Shahbano reflected sadly. “At least for the time being. . . . What will happen to her eventually no one can really foretell. She is restless and fidgets all the time. Sometimes she bays like an angry wolf. In her condition, perhaps the best hope is an early menopause. Aging would be bliss for her. Then she can walk around in the reeds as freely as she used to before all this happened.”

“Aging is bliss for every woman in our part of the world,” I muttered. “Perhaps then people will stop talking about her ‘morals.’”

Shahbano smiled.

“Till then,” I added, “a kind of solution has been invented by these daughters of Aai.”

I meet them sometimes when I visit my sister. Early in the morning you can see them in their colorful dresses, streaming out of their shanty huts like so many fluttering butterflies, crossing over the bridge on the canal, jumping over small shrubs, picking flowers to sell in the market, reaping grass, hoeing the fields, separating the chaff from the corn, singing at their work, tying innumerable bundles, large or small.
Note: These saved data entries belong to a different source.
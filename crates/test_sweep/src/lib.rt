//! Tests.
#![tactic(auto)]

#[cfg(test)]
mod pairs;
#[cfg(test)]
mod products;
#[cfg(test)]
mod structures;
This story would have become great in the hands of Leo Tolstoy. He was a great writer. What difference does it make that before turning to religion for redemption and taking up the toilsome life of a cobbler to replicate Jesus Christ, he had sexually exploited a serf woman in his house, made her pregnant, and abandoned her, completely destroying her life? On this subject he has written a heartrending novel, which is now a world classic.